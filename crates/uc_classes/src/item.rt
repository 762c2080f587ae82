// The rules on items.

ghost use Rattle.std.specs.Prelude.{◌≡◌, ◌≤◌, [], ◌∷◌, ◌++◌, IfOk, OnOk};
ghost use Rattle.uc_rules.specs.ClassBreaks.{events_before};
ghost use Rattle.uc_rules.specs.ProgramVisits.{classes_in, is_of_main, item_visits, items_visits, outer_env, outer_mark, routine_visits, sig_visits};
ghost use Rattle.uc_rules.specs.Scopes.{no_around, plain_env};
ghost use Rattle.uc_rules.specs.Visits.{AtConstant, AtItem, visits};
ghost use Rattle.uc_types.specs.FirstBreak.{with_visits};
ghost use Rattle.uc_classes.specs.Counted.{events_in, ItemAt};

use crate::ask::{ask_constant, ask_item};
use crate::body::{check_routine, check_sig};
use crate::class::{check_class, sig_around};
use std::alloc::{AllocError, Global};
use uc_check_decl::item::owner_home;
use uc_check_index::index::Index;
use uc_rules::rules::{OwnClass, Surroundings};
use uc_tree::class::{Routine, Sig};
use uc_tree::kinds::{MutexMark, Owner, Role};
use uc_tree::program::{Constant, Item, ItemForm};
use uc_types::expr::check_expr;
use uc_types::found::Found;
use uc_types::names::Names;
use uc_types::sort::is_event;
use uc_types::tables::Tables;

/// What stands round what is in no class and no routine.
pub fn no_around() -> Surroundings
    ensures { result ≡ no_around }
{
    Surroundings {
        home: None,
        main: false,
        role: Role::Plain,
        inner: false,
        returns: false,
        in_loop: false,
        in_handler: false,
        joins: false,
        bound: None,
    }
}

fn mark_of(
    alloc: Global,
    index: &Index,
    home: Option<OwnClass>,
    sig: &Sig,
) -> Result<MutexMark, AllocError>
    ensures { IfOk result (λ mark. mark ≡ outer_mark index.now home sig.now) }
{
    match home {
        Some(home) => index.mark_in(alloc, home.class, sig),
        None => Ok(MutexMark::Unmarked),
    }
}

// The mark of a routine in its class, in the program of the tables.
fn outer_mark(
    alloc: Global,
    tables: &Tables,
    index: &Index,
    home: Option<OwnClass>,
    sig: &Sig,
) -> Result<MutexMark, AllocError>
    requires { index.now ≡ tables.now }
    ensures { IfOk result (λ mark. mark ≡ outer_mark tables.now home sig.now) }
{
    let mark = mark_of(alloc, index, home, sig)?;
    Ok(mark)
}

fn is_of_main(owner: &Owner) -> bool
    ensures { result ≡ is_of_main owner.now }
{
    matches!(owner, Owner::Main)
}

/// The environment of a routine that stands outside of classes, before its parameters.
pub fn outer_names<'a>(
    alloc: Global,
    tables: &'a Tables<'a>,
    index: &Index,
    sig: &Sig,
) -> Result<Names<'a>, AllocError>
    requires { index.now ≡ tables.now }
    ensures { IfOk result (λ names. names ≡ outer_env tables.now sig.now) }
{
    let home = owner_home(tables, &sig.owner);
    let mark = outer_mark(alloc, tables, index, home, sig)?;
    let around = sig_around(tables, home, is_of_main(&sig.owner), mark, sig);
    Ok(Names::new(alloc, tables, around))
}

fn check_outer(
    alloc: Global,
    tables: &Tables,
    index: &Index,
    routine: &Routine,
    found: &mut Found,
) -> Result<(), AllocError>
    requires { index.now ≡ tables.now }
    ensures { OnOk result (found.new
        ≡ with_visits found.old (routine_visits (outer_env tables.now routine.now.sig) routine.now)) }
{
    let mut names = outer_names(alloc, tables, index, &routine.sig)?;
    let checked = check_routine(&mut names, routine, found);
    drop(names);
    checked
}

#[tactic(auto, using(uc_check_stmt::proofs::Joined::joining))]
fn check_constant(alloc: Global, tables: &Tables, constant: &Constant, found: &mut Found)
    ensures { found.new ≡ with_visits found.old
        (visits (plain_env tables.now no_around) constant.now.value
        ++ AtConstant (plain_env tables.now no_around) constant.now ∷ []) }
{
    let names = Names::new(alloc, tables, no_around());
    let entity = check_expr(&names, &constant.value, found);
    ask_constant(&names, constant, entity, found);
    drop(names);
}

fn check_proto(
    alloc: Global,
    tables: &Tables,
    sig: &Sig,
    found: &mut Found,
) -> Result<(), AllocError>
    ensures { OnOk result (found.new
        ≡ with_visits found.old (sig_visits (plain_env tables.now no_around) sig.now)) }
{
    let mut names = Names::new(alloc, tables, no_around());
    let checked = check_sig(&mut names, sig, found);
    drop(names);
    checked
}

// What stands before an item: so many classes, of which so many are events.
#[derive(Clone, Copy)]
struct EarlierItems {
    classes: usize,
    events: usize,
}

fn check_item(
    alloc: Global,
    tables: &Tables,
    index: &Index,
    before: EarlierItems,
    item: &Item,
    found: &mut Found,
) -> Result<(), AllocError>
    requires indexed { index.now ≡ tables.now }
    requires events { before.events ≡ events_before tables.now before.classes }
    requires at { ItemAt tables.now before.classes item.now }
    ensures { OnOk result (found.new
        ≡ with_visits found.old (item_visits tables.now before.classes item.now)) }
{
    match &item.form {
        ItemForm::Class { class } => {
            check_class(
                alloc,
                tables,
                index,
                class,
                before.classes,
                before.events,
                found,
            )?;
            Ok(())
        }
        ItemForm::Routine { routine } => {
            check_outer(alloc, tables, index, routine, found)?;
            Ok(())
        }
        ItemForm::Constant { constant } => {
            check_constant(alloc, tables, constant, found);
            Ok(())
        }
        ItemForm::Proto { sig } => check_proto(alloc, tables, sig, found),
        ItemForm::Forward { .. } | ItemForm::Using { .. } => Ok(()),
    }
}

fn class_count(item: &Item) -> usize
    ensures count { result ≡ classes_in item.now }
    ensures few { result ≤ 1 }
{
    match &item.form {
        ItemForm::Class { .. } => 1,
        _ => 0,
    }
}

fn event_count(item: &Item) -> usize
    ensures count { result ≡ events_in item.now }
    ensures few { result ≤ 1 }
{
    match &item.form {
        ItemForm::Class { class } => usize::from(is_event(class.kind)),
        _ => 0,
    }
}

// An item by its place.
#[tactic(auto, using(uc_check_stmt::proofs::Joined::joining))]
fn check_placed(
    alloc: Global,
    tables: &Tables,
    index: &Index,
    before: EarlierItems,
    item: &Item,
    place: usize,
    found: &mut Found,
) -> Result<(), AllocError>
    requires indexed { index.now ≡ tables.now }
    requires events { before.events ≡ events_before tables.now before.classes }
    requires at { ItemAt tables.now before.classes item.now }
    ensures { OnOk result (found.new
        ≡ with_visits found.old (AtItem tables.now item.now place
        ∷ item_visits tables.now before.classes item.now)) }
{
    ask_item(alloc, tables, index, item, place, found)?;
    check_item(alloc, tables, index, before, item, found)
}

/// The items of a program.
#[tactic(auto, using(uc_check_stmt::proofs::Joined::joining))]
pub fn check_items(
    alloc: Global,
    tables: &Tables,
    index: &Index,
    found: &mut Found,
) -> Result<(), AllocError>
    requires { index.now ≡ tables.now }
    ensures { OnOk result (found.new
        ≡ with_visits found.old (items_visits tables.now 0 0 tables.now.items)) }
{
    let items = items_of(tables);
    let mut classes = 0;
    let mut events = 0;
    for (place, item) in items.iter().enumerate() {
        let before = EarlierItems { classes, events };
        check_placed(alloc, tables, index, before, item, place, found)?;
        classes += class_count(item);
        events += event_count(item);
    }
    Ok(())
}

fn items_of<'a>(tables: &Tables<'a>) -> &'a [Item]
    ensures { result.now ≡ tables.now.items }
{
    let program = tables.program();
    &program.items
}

**Required work**
What is needed is a verbatim copy of the data, complete from first line to last.

**Completed task**
filename crates/uc_classes/src/item.rt
repository 762c2080f587ae82
// The rules on items.

ghost use Rattle.std.specs.Prelude.{◌≡◌, ◌≤◌, [], ◌∷◌, ◌++◌, IfOk, OnOk};
ghost use Rattle.uc_rules.specs.ClassBreaks.{events_before};
ghost use Rattle.uc_rules.specs.ProgramVisits.{classes_in, is_of_main, item_visits, items_visits, outer_env, outer_mark, routine_visits, sig_visits};
ghost use Rattle.uc_rules.specs.Scopes.{no_around, plain_env};
ghost use Rattle.uc_rules.specs.Visits.{AtConstant, AtItem, visits};
ghost use Rattle.uc_types.specs.FirstBreak.{with_visits};
ghost use Rattle.uc_classes.specs.Counted.{events_in, ItemAt};

use crate::ask::{ask_constant, ask_item};
use crate::body::{check_routine, check_sig};
use crate::class::{check_class, sig_around};
use std::alloc::{AllocError, Global};
use uc_check_decl::item::owner_home;
use uc_check_index::index::Index;
use uc_rules::rules::{OwnClass, Surroundings};
use uc_tree::class::{Routine, Sig};
use uc_tree::kinds::{MutexMark, Owner, Role};
use uc_tree::program::{Constant, Item, ItemForm};
use uc_types::expr::check_expr;
use uc_types::found::Found;
use uc_types::names::Names;
use uc_types::sort::is_event;
use uc_types::tables::Tables;

/// What stands round what is in no class and no routine.
pub fn no_around() -> Surroundings
    ensures { result ≡ no_around }
{
    Surroundings {
        home: None,
        main: false,
        role: Role::Plain,
        inner: false,
        returns: false,
        in_loop: false,
        in_handler: false,
        joins: false,
        bound: None,
    }
}

fn mark_of(
    alloc: Global,
    index: &Index,
    home: Option<OwnClass>,
    sig: &Sig,
) -> Result<MutexMark, AllocError>
    ensures { IfOk result (λ mark. mark ≡ outer_mark index.now home sig.now) }
{
    match home {
        Some(home) => index.mark_in(alloc, home.class, sig),
        None => Ok(MutexMark::Unmarked),
    }
}

// The mark of a routine in its class, in the program of the tables.
fn outer_mark(
    alloc: Global,
    tables: &Tables,
    index: &Index,
    home: Option<OwnClass>,
    sig: &Sig,
) -> Result<MutexMark, AllocError>
    requires { index.now ≡ tables.now }
    ensures { IfOk result (λ mark. mark ≡ outer_mark tables.now home sig.now) }
{
    let mark = mark_of(alloc, index, home, sig)?;
    Ok(mark)
}

fn is_of_main(owner: &Owner) -> bool
    ensures { result ≡ is_of_main owner.now }
{
    matches!(owner, Owner::Main)
}

/// The environment of a routine that stands outside of classes, before its parameters.
pub fn outer_names<'a>(
    alloc: Global,
    tables: &'a Tables<'a>,
    index: &Index,
    sig: &Sig,
) -> Result<Names<'a>, AllocError>
    requires { index.now ≡ tables.now }
    ensures { IfOk result (λ names. names ≡ outer_env tables.now sig.now) }
{
    let home = owner_home(tables, &sig.owner);
    let mark = outer_mark(alloc, tables, index, home, sig)?;
    let around = sig_around(tables, home, is_of_main(&sig.owner), mark, sig);
    Ok(Names::new(alloc, tables, around))
}

fn check_outer(
    alloc: Global,
    tables: &Tables,
    index: &Index,
    routine: &Routine,
    found: &mut Found,
) -> Result<(), AllocError>
    requires { index.now ≡ tables.now }
    ensures { OnOk result (found.new
        ≡ with_visits found.old (routine_visits (outer_env tables.now routine.now.sig) routine.now)) }
{
    let mut names = outer_names(alloc, tables, index, &routine.sig)?;
    let checked = check_routine(&mut names, routine, found);
    drop(names);
    checked
}

#[tactic(auto, using(uc_check_stmt::proofs::Joined::joining))]
fn check_constant(alloc: Global, tables: &Tables, constant: &Constant, found: &mut Found)
    ensures { found.new ≡ with_visits found.old
        (visits (plain_env tables.now no_around) constant.now.value
        ++ AtConstant (plain_env tables.now no_around) constant.now ∷ []) }
{
    let names = Names::new(alloc, tables, no_around());
    let entity = check_expr(&names, &constant.value, found);
    ask_constant(&names, constant, entity, found);
    drop(names);
}

fn check_proto(
    alloc: Global,
    tables: &Tables,
    sig: &Sig,
    found: &mut Found,
) -> Result<(), AllocError>
    ensures { OnOk result (found.new
        ≡ with_visits found.old (sig_visits (plain_env tables.now no_around) sig.now)) }
{
    let mut names = Names::new(alloc, tables, no_around());
    let checked = check_sig(&mut names, sig, found);
    drop(names);
    checked
}

// What stands before an item: so many classes, of which so many are events.
#[derive(Clone, Copy)]
struct EarlierItems {
    classes: usize,
    events: usize,
}

fn check_item(
    alloc: Global,
    tables: &Tables,
    index: &Index,
    before: EarlierItems,
    item: &Item,
    found: &mut Found,
) -> Result<(), AllocError>
    requires indexed { index.now ≡ tables.now }
    requires events { before.events ≡ events_before tables.now before.classes }
    requires at { ItemAt tables.now before.classes item.now }
    ensures { OnOk result (found.new
        ≡ with_visits found.old (item_visits tables.now before.classes item.now)) }
{
    match &item.form {
        ItemForm::Class { class } => {
            check_class(
                alloc,
                tables,
                index,
                class,
                before.classes,
                before.events,
                found,
            )?;
            Ok(())
        }
        ItemForm::Routine { routine } => {
            check_outer(alloc, tables, index, routine, found)?;
            Ok(())
        }
        ItemForm::Constant { constant } => {
            check_constant(alloc, tables, constant, found);
            Ok(())
        }
        ItemForm::Proto { sig } => check_proto(alloc, tables, sig, found),
        ItemForm::Forward { .. } | ItemForm::Using { .. } => Ok(()),
    }
}

fn class_count(item: &Item) -> usize
    ensures count { result ≡ classes_in item.now }
    ensures few { result ≤ 1 }
{
    match &item.form {
        ItemForm::Class { .. } => 1,
        _ => 0,
    }
}

fn event_count(item: &Item) -> usize
    ensures count { result ≡ events_in item.now }
    ensures few { result ≤ 1 }
{
    match &item.form {
        ItemForm::Class { class } => usize::from(is_event(class.kind)),
        _ => 0,
    }
}

// An item by its place.
#[tactic(auto, using(uc_check_stmt::proofs::Joined::joining))]
fn check_placed(
    alloc: Global,
    tables: &Tables,
    index: &Index,
    before: EarlierItems,
    item: &Item,
    place: usize,
    found: &mut Found,
) -> Result<(), AllocError>
    requires indexed { index.now ≡ tables.now }
    requires events { before.events ≡ events_before tables.now before.classes }
    requires at { ItemAt tables.now before.classes item.now }
    ensures { OnOk result (found.new
        ≡ with_visits found.old (AtItem tables.now item.now place
        ∷ item_visits tables.now before.classes item.now)) }
{
    ask_item(alloc, tables, index, item, place, found)?;
    check_item(alloc, tables, index, before, item, found)
}

/// The items of a program.
#[tactic(auto, using(uc_check_stmt::proofs::Joined::joining))]
pub fn check_items(
    alloc: Global,
    tables: &Tables,
    index: &Index,
    found: &mut Found,
) -> Result<(), AllocError>
    requires { index.now ≡ tables.now }
    ensures { OnOk result (found.new
        ≡ with_visits found.old (items_visits tables.now 0 0 tables.now.items)) }
{
    let items = items_of(tables);
    let mut classes = 0;
    let mut events = 0;
    for (place, item) in items.iter().enumerate() {
        let before = EarlierItems { classes, events };
        check_placed(alloc, tables, index, before, item, place, found)?;
        classes += class_count(item);
        events += event_count(item);
    }
    Ok(())
}

fn items_of<'a>(tables: &Tables<'a>) -> &'a [Item]
    ensures { result.now ≡ tables.now.items }
{
    let program = tables.program();
    &program.items
}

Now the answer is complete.